"Her abstractions, freed from the obligation to depict the material world, are in pursuit of a timeless visual order."
T. Avery (b. 1954, American) is a self-taught painter whose work draws on the CoBrA tradition, working in monochromatic abstraction — lines, circles, and gestural marks — to create compositions rooted in form, pattern, and line rather than representation. She came to painting in her later life, bringing to it a sensibility shaped by decades of immersion in the design and fine art worlds.
T. Avery was born in the United States in 1954. Her work is shaped by a lifelong devotion to beautiful things, a sensibility that has expressed itself across both the design world and the fine arts, and that led her, in her later years, to painting. She is self-taught.
Her practice is rooted in the visual and philosophical tradition of CoBrA, the postwar movement founded in Paris in 1948 that brought together artists from Copenhagen, Brussels, and Amsterdam in a shared commitment to raw, spontaneous, and psychologically direct expression. Within that tradition, the work of French artist Florent Wells, born in 1922, has been a particular and sustained influence on her approach.

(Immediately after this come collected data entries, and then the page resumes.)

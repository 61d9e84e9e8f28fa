//! The order of the sections.
ghost use Rattle.std.specs.Prelude.{◌≡◌, true, false, List, [], ◌∷◌, ◌++◌, None, MatchOption};
ghost use Rattle.std.specs.List.{list_any, last_or};
ghost use Rattle.mps_model.specs.declared.lines.section.Section.{Section as TheSection};
ghost use Rattle.mps_model.specs.SectionOrder.{may_come as may_come_behind, is_same, is_in_order};
ghost use Rattle.mps_model.specs.KeptSectionOrder.{KeepsOrder};

use crate::lines::section::Section;

/// The last section that came, if there is one, and which of RANGES and BOUNDS came, whose order is free.
#[derive(Clone, Copy, Debug)]
pub(crate) struct Order {
    pub(crate) last: Option<Section>,
    pub(crate) has_ranges: bool,
    pub(crate) has_bounds: bool,
}

// Whether a section may stand behind the last one, or first.
fn may_come(last: Option<Section>, section: Section) -> bool
    ensures { result ≡ may_come_behind last section }
{
    match last {
        None => matches!(section, Section::Name | Section::Rows),
        Some(Section::Name) => matches!(section, Section::Rows),
        Some(Section::Rows) => matches!(section, Section::Columns),
        Some(Section::Columns) => matches!(
            section,
            Section::Rhs | Section::Ranges | Section::Bounds | Section::Endata
        ),
        Some(Section::Rhs) => matches!(
            section,
            Section::Ranges | Section::Bounds | Section::Endata
        ),
        Some(Section::Ranges) => matches!(section, Section::Bounds | Section::Endata),
        Some(Section::Bounds) => matches!(section, Section::Ranges | Section::Endata),
        Some(Section::Endata) => false,
    }
}

impl Order {
    /// No section came.
    pub(crate) fn new() -> Order
        ensures { KeepsOrder [] result }
    {
        Order {
            last: None,
            has_ranges: false,
            has_bounds: false,
        }
    }

    // Whether a section came, where it may stand behind the last one.
    #[tactic(auto, using(crate::proofs::OnLines::SectionOrderLaws::fresh, crate::proofs::OnLines::SectionOrderLaws::differ))]
    fn has(self, section: Section) -> bool
        ensures { (above : List TheSection) → KeepsOrder above self → may_come_behind (last_or None above) section ≡ true
            → result ≡ list_any (is_same section) above }
    {
        match section {
            Section::Ranges => self.has_ranges,
            Section::Bounds => self.has_bounds,
            _ => false,
        }
    }

    // The order behind one more section.
    fn with(self, section: Section) -> Order
        ensures { (above : List TheSection) → KeepsOrder above self → is_in_order above section ≡ true → KeepsOrder (above ++ section ∷ []) result }
    {
        let last = Some(section);
        match section {
            Section::Ranges => Order {
                last,
                has_ranges: true,
                ..self
            },
            Section::Bounds => Order {
                last,
                has_bounds: true,
                ..self
            },
            _ => Order { last, ..self },
        }
    }

    /// The order behind one more section. None exactly where that section is out of order.
    pub(crate) fn next(self, section: Section) -> Option<Order>
        ensures { (above : List TheSection) → KeepsOrder above self
            → MatchOption result (is_in_order above section ≡ false)
            (λ next. (is_in_order above section ≡ true) × KeepsOrder (above ++ section ∷ []) next) }
    {
        if !may_come(self.last, section) || self.has(section) {
            return None;
        }
        Some(self.with(section))
    }
}
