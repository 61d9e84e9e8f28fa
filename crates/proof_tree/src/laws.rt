//! What a tree that holds shows. The function here does nothing; its contract carries the laws.
ghost use Rattle.std.specs.Prelude.{ℤ, List, [], length, Option, Some, None};
ghost use Rattle.whole_rows.specs.WholeRows.{WholeRows, IsWithinLimits, Meets, HasLeastCutValue, cut_value};
ghost use Rattle.farkas_rows.specs.declared.path.Slice.{Slice};
ghost use Rattle.farkas_rows.specs.Refutes.{HasForms, IsOnPath};
ghost use Rattle.proof_tree.specs.declared.tree.Tree.{Tree};
ghost use Rattle.proof_tree.specs.Trees.{Holds};
ghost use Rattle.proof_tree.specs.Soundness.{IsNoBetter};

/// Where a tree holds, no point on the path is better than the last one that was found, and none is there at all where
/// none was found. So a point for whose cut value a tree of the root holds is best.
pub fn holding_tree_is_sound()
    ensures no_better { (rows : WholeRows) (last : Option ℤ) (path : List Slice) (tree : Tree) (x : List ℤ)
        → IsWithinLimits rows → HasForms (length rows.box) path → Holds rows last path tree
        → Meets rows x → IsOnPath path x → IsNoBetter last (cut_value rows x) }
    ensures best { (rows : WholeRows) (x : List ℤ) (tree : Tree)
        → IsWithinLimits rows → Meets rows x → Holds rows (Some (cut_value rows x)) [] tree → HasLeastCutValue rows x }
    ensures none { (rows : WholeRows) (x : List ℤ) (tree : Tree)
        → IsWithinLimits rows → Holds rows None [] tree → Meets rows x → ⊥ }
{}
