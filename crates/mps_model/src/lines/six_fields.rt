//! The six fields of a data line by their places.
ghost use Rattle.std.specs.Prelude.{◌≡◌, option_map, Some, None};
ghost use Rattle.mps_model.specs.SixFields.{six, row_places as row_rule, pair_places as pair_rule, column_places as column_rule, set_places as set_rule, value_places as value_rule, bare_places as bare_rule, marker_places as marker_rule};
ghost use Rattle.mps_model.specs.SixFieldViews.{text_of, texts_of, places_view, rule_of};

use mps_fields::Field;

/// Six fields by their places.
#[derive(Clone, Copy, Debug)]
pub(crate) struct SixFields<'a> {
    pub(crate) first: Option<&'a [u8]>,
    pub(crate) second: Option<&'a [u8]>,
    pub(crate) third: Option<&'a [u8]>,
    pub(crate) fourth: Option<&'a [u8]>,
    pub(crate) fifth: Option<&'a [u8]>,
    pub(crate) sixth: Option<&'a [u8]>,
}

impl<'a> SixFields<'a> {
    const NONE: SixFields<'static> = SixFields {
        first: None,
        second: None,
        third: None,
        fourth: None,
        fifth: None,
        sixth: None,
    };
}

/// What a line of free form is read as, which tells the places of its fields.
#[derive(Clone, Copy, Debug, PartialEq, Eq)]
pub(crate) enum Rule {
    Row,
    Marker,
    Column,
    Set,
    /// A bound with a value.
    Value,
    /// A bound without a value.
    Bare,
}

fn row_places<'a>(fields: &[Field<'a>]) -> Option<SixFields<'a>>
    ensures { places_view result ≡ row_rule (texts_of fields.now) }
{
    match fields {
        [kind, name] => Some(SixFields {
            first: Some(kind.text),
            second: Some(name.text),
            ..SixFields::NONE
        }),
        _ => None,
    }
}

fn pair_places<'a>(second: Option<&'a [u8]>, fields: &[Field<'a>]) -> Option<SixFields<'a>>
    ensures { places_view result ≡ pair_rule (option_map text_of second.entry) (texts_of fields.now) }
{
    match fields {
        [name, number] => Some(SixFields {
            second,
            third: Some(name.text),
            fourth: Some(number.text),
            ..SixFields::NONE
        }),
        [name, number, other, size] => Some(SixFields {
            second,
            third: Some(name.text),
            fourth: Some(number.text),
            fifth: Some(other.text),
            sixth: Some(size.text),
            ..SixFields::NONE
        }),
        _ => None,
    }
}

fn column_places<'a>(fields: &[Field<'a>]) -> Option<SixFields<'a>>
    ensures { places_view result ≡ column_rule (texts_of fields.now) }
{
    match fields {
        [column, pairs @ ..] => pair_places(Some(column.text), pairs),
        [] => None,
    }
}

fn set_places<'a>(fields: &[Field<'a>]) -> Option<SixFields<'a>>
    ensures { places_view result ≡ set_rule (texts_of fields.now) }
{
    match fields {
        [_, _] | [_, _, _, _] => pair_places(None, fields),
        [set, pairs @ ..] => pair_places(Some(set.text), pairs),
        [] => None,
    }
}

fn bound_places<'a>(
    kind: &'a [u8],
    set: Option<&'a [u8]>,
    column: &'a [u8],
    value: Option<&'a [u8]>,
) -> Option<SixFields<'a>>
    ensures { places_view result ≡ six (Some kind.now) (option_map text_of set.entry) (Some column.now) (option_map text_of value.entry) None None }
{
    Some(SixFields {
        first: Some(kind),
        second: set,
        third: Some(column),
        fourth: value,
        ..SixFields::NONE
    })
}

fn value_places<'a>(fields: &[Field<'a>]) -> Option<SixFields<'a>>
    ensures { places_view result ≡ value_rule (texts_of fields.now) }
{
    match fields {
        [kind, column, value] => bound_places(kind.text, None, column.text, Some(value.text)),
        [kind, set, column, value] => {
            bound_places(kind.text, Some(set.text), column.text, Some(value.text))
        }
        _ => None,
    }
}

fn bare_places<'a>(fields: &[Field<'a>]) -> Option<SixFields<'a>>
    ensures { places_view result ≡ bare_rule (texts_of fields.now) }
{
    match fields {
        [kind, column] => bound_places(kind.text, None, column.text, None),
        [kind, set, column] => bound_places(kind.text, Some(set.text), column.text, None),
        [kind, set, column, value] => {
            bound_places(kind.text, Some(set.text), column.text, Some(value.text))
        }
        _ => None,
    }
}

fn marker_places<'a>(fields: &[Field<'a>]) -> Option<SixFields<'a>>
    ensures { places_view result ≡ marker_rule (texts_of fields.now) }
{
    match fields {
        [name, mark, word] => Some(SixFields {
            second: Some(name.text),
            third: Some(mark.text),
            fifth: Some(word.text),
            ..SixFields::NONE
        }),
        _ => None,
    }
}

/// The places of a line's fields in free form, or `None` where their number does not fit.
pub(crate) fn free_places<'a>(rule: Rule, fields: &[Field<'a>]) -> Option<SixFields<'a>>
    ensures { places_view result ≡ rule_of rule (texts_of fields.now) }
{
    match rule {
        Rule::Row => row_places(fields),
        Rule::Marker => marker_places(fields),
        Rule::Column => column_places(fields),
        Rule::Set => set_places(fields),
        Rule::Value => value_places(fields),
        Rule::Bare => bare_places(fields),
    }
}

Avery works in a monochromatic visual language of lines, circles, and gestural marks, building compositions from pattern, form, and movement rather than representation. Her practice is grounded in a belief that abstraction, freed from the obligation to depict the material world, opens onto something beyond it. The simplicity of her means is deliberate: she pursues the creation of beautiful effects through reduction, seeking in each work a quality of timeless visual order that carries what she describes as a spiritual dimension.